◆ **Stored items**
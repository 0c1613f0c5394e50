// The vectors of a form: evd_from_real_schur.
ghost use Rattle.std.specs.Prelude.{◌≡◌, ◌+◌, ◌*◌, ◌<◌, ◌≤◌, length, fold, Float};
ghost use Rattle.std.specs.Float.{binary64};
ghost use Rattle.std.specs.Float.Ieee.{add};
ghost use Rattle.model.specs.Arith as Arith;
ghost use Rattle.model.specs.Values.{imag_size_at};
ghost use Rattle.model.specs.Vectors as Vectors;
ghost use Rattle.refusal.specs.Line.{answer};
ghost use Rattle.form.specs.Shaped.{Holds};
ghost use Rattle.evd.specs.View.{start};

use arith::real::{abs, abs1};
use bits::fill::fill;
use form::deep::quasi_triangular;
use form::shape::Shape;
use refusal::Refusal;
use solve::block::imag_size;
use solve::leading::Leading;
use solve::solve_cplx::solve_cplx_shifted_upper_quasi_triangular_system;
use solve::solve_real::solve_real_shifted_upper_quasi_triangular_system;
use solve::walk::{EachBlock, blocks_down};

// norm plus the magnitudes of the numbers.
fn add_magnitudes(xs: &[f64], norm: f64) -> f64
    ensures { result ≡ fold (λ (a x : Float). add binary64 a (Arith.abs1 x)) norm xs.now }
{
    xs.iter().fold(norm, |a, x| a + abs1(*x))
}

// The sum of magnitudes, column after column, each down to the subdiagonal. By index: the form's chunks of ld numbers
// are its columns, but chunks_exact wants 0 < ld, and a Shape, which need not have a row, does not say so.
#[tactic(auto, unfolding(model::specs::Vectors::form_norm, model::specs::Vectors::norm_columns))]
fn form_norm(s: Shape, t: &[f64]) -> f64
    requires { Holds s t.now }
    ensures { result ≡ Vectors.form_norm binary64 s.ld s.n t.now }
{
    let mut norm = 0.0;
    for j in 0..s.n {
        let top = s.place(0, j);
        norm = add_magnitudes(&t[top..top + s.n.min(j + 2)], norm);
    }
    norm
}

// The two diagonal numbers of a 2-block's columns.
#[derive(Clone, Copy)]
struct Start {
    upper: f64,
    lower: f64,
}

// b above and c below the diagonal, and the imaginary size q.
#[tactic(auto, unfolding(model::specs::Vectors::start_of))]
fn start_of(b: f64, c: f64, q: f64) -> Start
    ensures { start result ≡ Vectors.start_of binary64 b c q }
{
    if abs(b) >= abs(c) {
        return Start {
            upper: 1.0,
            lower: q / b,
        };
    }
    Start {
        upper: -q / c,
        lower: 1.0,
    }
}

// A 2-block's own four numbers.
#[tactic(auto, unfolding(model::specs::Vectors::start_block))]
fn start_block(s: Shape, j: usize, own: Start, v: &mut [f64])
    requires { Holds s v.old × (j + 1 < s.n) }
    ensures { v.new ≡ Vectors.start_block binary64 s.ld j (start own) v.old }
{
    s.put(&mut *v, j, j, own.upper);
    s.put(&mut *v, j + 1, j + 1, own.lower);
    s.put(&mut *v, j, j + 1, 0.0);
    s.put(v, j + 1, j, 0.0);
}

// The form whose vectors are made, and its sum of magnitudes.
#[derive(Clone, Copy)]
struct Columns<'a> {
    s: Shape,
    t: &'a [f64],
    norm: f64,
    ghost holds: { Holds s t.now },
}

impl Columns<'_> {
    // The matrix of the first rows and columns.
    fn leading(&self, rows: usize) -> Leading
        requires { rows ≤ self.now.s.n }
        ensures { (result.ld ≡ self.now.s.ld) × (result.n ≡ rows) × (result.a.now ≡ self.now.t.now) }
    {
        Leading {
            ld: self.s.ld,
            n: rows,
            a: self.t,
        }
    }

    // A 2-block's columns j and j + 1, before the rows above it are solved for; its imaginary size.
    fn open_columns(&self, j: usize, v: &mut [f64]) -> f64
        requires { Holds self.now.s v.old × (j + 1 < self.now.s.n) }
        ensures { (result ≡ imag_size_at binary64 self.now.s.ld self.now.t.now j) × (v.new ≡ Vectors.open_columns binary64 self.now.s.ld self.now.t.now j v.old) }
    {
        let s = self.s;
        let b = s.get(self.t, j, j + 1);
        let c = s.get(self.t, j + 1, j);
        let q = imag_size(c, b);
        let own = start_of(b, c, q);
        start_block(s, j, own, &mut *v);
        // above the block, the form's two columns times the negated diagonal numbers
        let left = s.place(0, j);
        let right = s.place(0, j + 1);
        fill(
            &mut v[left..left + j],
            &self.t[left..left + j],
            |x| -own.upper * x,
        );
        fill(
            &mut v[right..right + j],
            &self.t[right..right + j],
            |x| -own.lower * x,
        );
        q
    }
}

impl EachBlock for Columns<'_> {
    ghost rows = { λ m. m.s.n };

    ghost fits = { λ m len. len ≡ m.s.ld * m.s.n };

    ghost one = { λ m. Vectors.real_column binary64 m.s.ld m.t.now m.norm };

    ghost two = { λ m. Vectors.cplx_columns binary64 m.s.ld m.t.now m.norm };

    // A 1-block's column k: 1 in row k, and above it the solution.
    fn one(&self, k: usize, v: &mut [f64]) {
        let s = self.s;
        let p = s.get(self.t, k, k);
        s.put(&mut *v, k, k, 1.0);
        let top = s.place(0, k);
        let x = &mut v[top..top + k];
        fill(&mut *x, &self.t[top..top + k], |x| -x);
        solve_real_shifted_upper_quasi_triangular_system(self.leading(k), p, self.norm, x);
    }

    // A 2-block's columns j and j + 1: the real and the imaginary part.
    #[tactic(auto, using(crate::proofs::Places::side_by_side))]
    fn two(&self, j: usize, v: &mut [f64]) {
        let s = self.s;
        let q = self.open_columns(j, &mut *v);
        let p = s.get(self.t, j + 1, j + 1);
        let top = s.place(0, j);
        let x = &mut v[top..top + (s.ld + j)];
        solve_cplx_shifted_upper_quasi_triangular_system(self.leading(j), p, q, self.norm, x);
    }
}

// The vectors of the form t, or the first line that applies.
#[tactic(auto, using(crate::proofs::Lines::vectors_first), unfolding(model::specs::Vectors::evd_from_real_schur, model::specs::Vectors::vectors_of))]
pub fn evd_from_real_schur(n: usize, ld: usize, t: &[f64], v: &mut [f64]) -> Result<(), Refusal>
    ensures { (record { answer = answer result; v = v.new }) ≡ Vectors.evd_from_real_schur binary64 ld n t.now v.old }
{
    let s = Shape::new(n, ld, t)?;
    if v.len() != s.ld * s.n {
        return Err(Refusal::BufferLength);
    }
    quasi_triangular(s, t)?;
    let columns = Columns {
        s,
        t,
        norm: form_norm(s, t),
    };
    blocks_down(columns.leading(n), &columns, v);
    Ok(())
}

◆ **To do**
Print the records verbatim, stopping after the "own four numbers." line.

◆ **Completed task**
repository 0c1613f0c5394e50
// The vectors of a form: evd_from_real_schur.
ghost use Rattle.std.specs.Prelude.{◌≡◌, ◌+◌, ◌*◌, ◌<◌, ◌≤◌, length, fold, Float};
ghost use Rattle.std.specs.Float.{binary64};
ghost use Rattle.std.specs.Float.Ieee.{add};
ghost use Rattle.model.specs.Arith as Arith;
ghost use Rattle.model.specs.Values.{imag_size_at};
ghost use Rattle.model.specs.Vectors as Vectors;
ghost use Rattle.refusal.specs.Line.{answer};
ghost use Rattle.form.specs.Shaped.{Holds};
ghost use Rattle.evd.specs.View.{start};

use arith::real::{abs, abs1};
use bits::fill::fill;
use form::deep::quasi_triangular;
use form::shape::Shape;
use refusal::Refusal;
use solve::block::imag_size;
use solve::leading::Leading;
use solve::solve_cplx::solve_cplx_shifted_upper_quasi_triangular_system;
use solve::solve_real::solve_real_shifted_upper_quasi_triangular_system;
use solve::walk::{EachBlock, blocks_down};

// norm plus the magnitudes of the numbers.
fn add_magnitudes(xs: &[f64], norm: f64) -> f64
    ensures { result ≡ fold (λ (a x : Float). add binary64 a (Arith.abs1 x)) norm xs.now }
{
    xs.iter().fold(norm, |a, x| a + abs1(*x))
}

// The sum of magnitudes, column after column, each down to the subdiagonal. By index: the form's chunks of ld numbers
// are its columns, but chunks_exact wants 0 < ld, and a Shape, which need not have a row, does not say so.
#[tactic(auto, unfolding(model::specs::Vectors::form_norm, model::specs::Vectors::norm_columns))]
fn form_norm(s: Shape, t: &[f64]) -> f64
    requires { Holds s t.now }
    ensures { result ≡ Vectors.form_norm binary64 s.ld s.n t.now }
{
    let mut norm = 0.0;
    for j in 0..s.n {
        let top = s.place(0, j);
        norm = add_magnitudes(&t[top..top + s.n.min(j + 2)], norm);
    }
    norm
}

// The two diagonal numbers of a 2-block's columns.
#[derive(Clone, Copy)]
struct Start {
    upper: f64,
    lower: f64,
}

// b above and c below the diagonal, and the imaginary size q.
#[tactic(auto, unfolding(model::specs::Vectors::start_of))]
fn start_of(b: f64, c: f64, q: f64) -> Start
    ensures { start result ≡ Vectors.start_of binary64 b c q }
{
    if abs(b) >= abs(c) {
        return Start {
            upper: 1.0,
            lower: q / b,
        };
    }
    Start {
        upper: -q / c,
        lower: 1.0,
    }
}

// A 2-block's own four numbers.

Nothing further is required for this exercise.